11. The peptide of claim 5 wherein Xaa.sub.2 is norleucine.

12. The peptide of claim 3 wherein Xaa.sub.1 is Pro.

13. The peptide of claim 11 wherein the C-terminus is amidated.

14. The peptide of claim 12 wherein the C-terminus is amidated.

15. A substantially pure .omega.- conotoxin peptide having the formula Cys-Gln-Gly-Arg-Gly-Ala-Ser-Cys-Arg-Lys-Thr-Xaa-Tyr-Asn-Cys-Cys-Ser-Gly-Ser-Cys-Asn-Arg-Gly-Arg-Cys (SEQ ID NO:4), wherein Xaa is Met or norleucine.

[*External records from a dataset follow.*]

//! Reads formulas.
ghost use Rattle.std.specs.Prelude.{◌≡◌, ◌-◌, ℕ, length, IfOk, IfSome, IfNone};
ghost use Rattle.sap_formula.specs.Form.{Form};
ghost use Rattle.sap_formula.specs.View.{form};
ghost use Rattle.sap_grammar.specs.Words.{words_of};
ghost use Rattle.sap_grammar.specs.Reading.{Gives};
ghost use Rattle.sap_formula_grammar.specs.FormulaGrammar.{IsFormulaAt};
ghost use Rattle.sap_formula_grammar.specs.FormulaReading.{short_formula};

mod atom;
mod binders;
mod build;
mod grammar;

use crate::formula::grammar::read_iff;
use crate::laws::formulas_are_read;
use sap_formula::Formula;
use sap_grammar::{Limits, beyond, starts};
use sap_terms::{Mem, Signature};
use sap_text::Token;
use std::alloc::Global;

/// The formula within the limits that the tokens begin with, and the tokens behind it; None where there is none. As
/// `read_formula` but for what stands behind it, which may be anything that doesn't go on with the formula.
#[tactic(auto, unfolding(sap_grammar::specs::Reading::after, crate::specs::FormulaReading::short_formula))]
pub fn read_short_formula<'a>(
    alloc: Global,
    sig: &Signature,
    limits: Limits,
    bytes: &[u8],
    tokens: &'a [Token],
) -> Result<Option<(Box<Formula>, &'a [Token])>, Mem>
    ensures { Gives bytes.now (λ f. form f.value) result (short_formula sig.now limits
        (words_of bytes.now tokens.now)) }
{
    let depth = limits.formula_levels as u64;
    match read_iff(alloc, sig, limits, bytes, depth, tokens)? {
        None => Ok(None),
        Some((measured, rest)) => Ok(Some((measured.formula, rest))),
    }
}

// The same in a box.
fn read_boxed(
    alloc: Global,
    sig: &Signature,
    limits: Limits,
    bytes: &[u8],
    tokens: &[Token],
    at: u64,
) -> Result<Option<(Box<Formula>, u64)>, Mem>
    ensures found { IfOk result (λ o. IfSome o (λ r. IsFormulaAt limits sig.now
        (words_of bytes.now tokens.now) at (form r.0.value) r.1)) }
    ensures none { IfOk result (λ o. IfNone o ((f : Form) (e : ℕ)
        → IsFormulaAt limits sig.now (words_of bytes.now tokens.now) at f e → ⊥)) }
{
    formulas_are_read();
    match read_short_formula(alloc, sig, limits, bytes, beyond(at as usize, tokens))? {
        None => Ok(None),
        Some((formula, rest)) => {
            if starts(bytes, rest, "\"") {
                Ok(Some((formula, (tokens.len() - rest.len()) as u64)))
            } else {
                Ok(None)
            }
        }
    }
}

/// The formula within the limits that the tokens spell from number `at`, counted from 0, and the number of the token behind it,
/// which is a closing quotation mark; None where they spell none. The formula is as it is written: each variable has the sort
/// of its sign. Nothing is asked of the tokens: each stands for the bytes in its span. The work is linear in the tokens that
/// are looked at, and it recurses some calls for each level that the limits allow.
pub fn read_formula(
    alloc: Global,
    sig: &Signature,
    limits: Limits,
    bytes: &[u8],
    tokens: &Vec<Token>,
    at: u64,
) -> Result<Option<(Formula, u64)>, Mem>
    ensures found { IfOk result (λ o. IfSome o (λ r. IsFormulaAt limits sig.now
        (words_of bytes.now tokens.now.items) at (form r.0) r.1)) }
    ensures none { IfOk result (λ o. IfNone o ((f : Form) (e : ℕ)
        → IsFormulaAt limits sig.now (words_of bytes.now tokens.now.items) at f e → ⊥)) }
{
    match read_boxed(alloc, sig, limits, bytes, tokens.as_slice(), at)? {
        None => Ok(None),
        Some((formula, end)) => Ok(Some((Box::into_inner(formula), end))),
    }
}
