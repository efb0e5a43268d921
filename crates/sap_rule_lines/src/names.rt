//! The names that a run draws.
ghost use Rattle.std.specs.Prelude.{◌≡◌, ℕ, [], ◌∷◌, ◌++◌, IfOk, OnOk};
ghost use Rattle.sap_rule_lines.specs.Least.{is_among, drawn_by, names_drawn, IsNext};

use indexmap::IndexSet;
use sap_runs::{PStep, PSteps};
use sap_terms::Mem;
use std::alloc::Global;
use std::marker::Model;

/// Names, found without a pass over them.
#[derive(Drop)]
pub struct Names {
    keys: IndexSet<u64>,
}

impl Model for Names {
    ghost use Rattle.std.specs.Prelude.{ℕ, List};

    ghost Value = { List ℕ };

    ghost view = { λ a. a.keys.keys };
}

impl Names {
    // No names. It takes no memory.
    fn new(alloc: Global) -> Names
        ensures { result ≡ [] }
    {
        Names {
            keys: IndexSet::new(alloc),
        }
    }

    // One more.
    fn add(&mut self, n: u64) -> Result<(), Mem>
        ensures { OnOk result ((m : ℕ) → is_among self.new m ≡ is_among (n ∷ self.old) m) }
    {
        self.keys.insert(n)?;
        Ok(())
    }

    // Whether the name is among these.
    fn has(&self, n: u64) -> bool
        ensures { result ≡ is_among self.now n }
    {
        self.keys.contains(&n)
    }

    /// The least number from this one on that isn't among these; beyond the greatest u64 it is want of memory.
    pub fn free_from(&self, from: u64) -> Result<u64, Mem>
        ensures { IfOk result (IsNext self.now from) }
    {
        let mut n = from;
        while self.has(n) {
            n = n.checked_add(1).ok_or(Mem)?;
        }
        Ok(n)
    }
}

// Those that the line draws, with these.
fn draw(names: &mut Names, step: &PStep) -> Result<(), Mem>
    ensures { OnOk result ((m : ℕ) → is_among names.new m ≡ is_among (drawn_by step.now ++ names.old) m) }
{
    match step {
        PStep::New(_, n) => names.add(*n),
        PStep::Name(n) => names.add(*n),
        _ => Ok(()),
    }
}

/// Those that the lines draw.
pub fn names_of(alloc: Global, run: &PSteps) -> Result<Names, Mem>
    ensures { IfOk result (λ names. (n : ℕ) → is_among names n ≡ is_among (names_drawn run.now) n) }
{
    let mut names = Names::new(alloc);
    for step in run.as_slice() {
        draw(&mut names, step)?;
    }
    Ok(names)
}
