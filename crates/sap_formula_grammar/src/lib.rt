//! Formulas as text: the grammar and its reader.
#![tactic(auto)]

mod formula;
mod laws;

pub use formula::{read_formula, read_short_formula};
pub use laws::{formulas_are_read, one_formula};
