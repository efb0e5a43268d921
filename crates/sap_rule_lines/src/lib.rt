//! Lines of rules, as a conversion writes them: the first, those that use a rule on facts, and the names of which Fr is made.
#![tactic(auto)]

mod head;
mod names;
mod rule_line;

pub use head::head_lines;
pub use names::{Names, names_of};
pub use rule_line::{later, push_rule, push_rule_on_one, push_rule_on_two};
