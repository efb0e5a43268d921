//! What stands before the lines of rules for each line of a process.
ghost use Rattle.std.specs.Prelude.{◌≡◌, IfOk};
ghost use Rattle.sap_rule_lines.specs.RuleLines.{head_for, init_line};

use sap_runs::{PSteps, RStep, RSteps};
use sap_terms::{Bindings, Mem, Name, Numbers};
use std::alloc::Global;

// The line that starts the rules.
fn first_line(alloc: Global) -> Result<RStep, Mem>
    ensures { IfOk result (λ line. line ≡ init_line) }
{
    let name = Name::from_bytes(alloc, b"Init")?;
    Ok(RStep::Rule(name, Numbers::new(alloc), Bindings::new(alloc)))
}

/// The lines of rules that stand before those for each line of the run: the one that starts the rules. None stand opposite to
/// none. Want of memory is the only error.
pub fn head_lines(alloc: Global, run: &PSteps) -> Result<RSteps, Mem>
    ensures { IfOk result (λ lines. lines ≡ head_for run.now) }
{
    let mut lines = RSteps::new(alloc);
    if run.len() == 0 {
        return Ok(lines);
    }
    lines.push(first_line(alloc)?)?;
    Ok(lines)
}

16. The peptide of claim 15 wherein Xaa is Met.

17. The peptide of claim 15 wherein Xaa is norleucine.

18. The peptide of claim 15 wherein the C-terminus is amidated.

19. The peptide of claim 16 wherein the C-terminus is amidated.

20. The peptide of claim 17 wherein the C-terminus is amidated.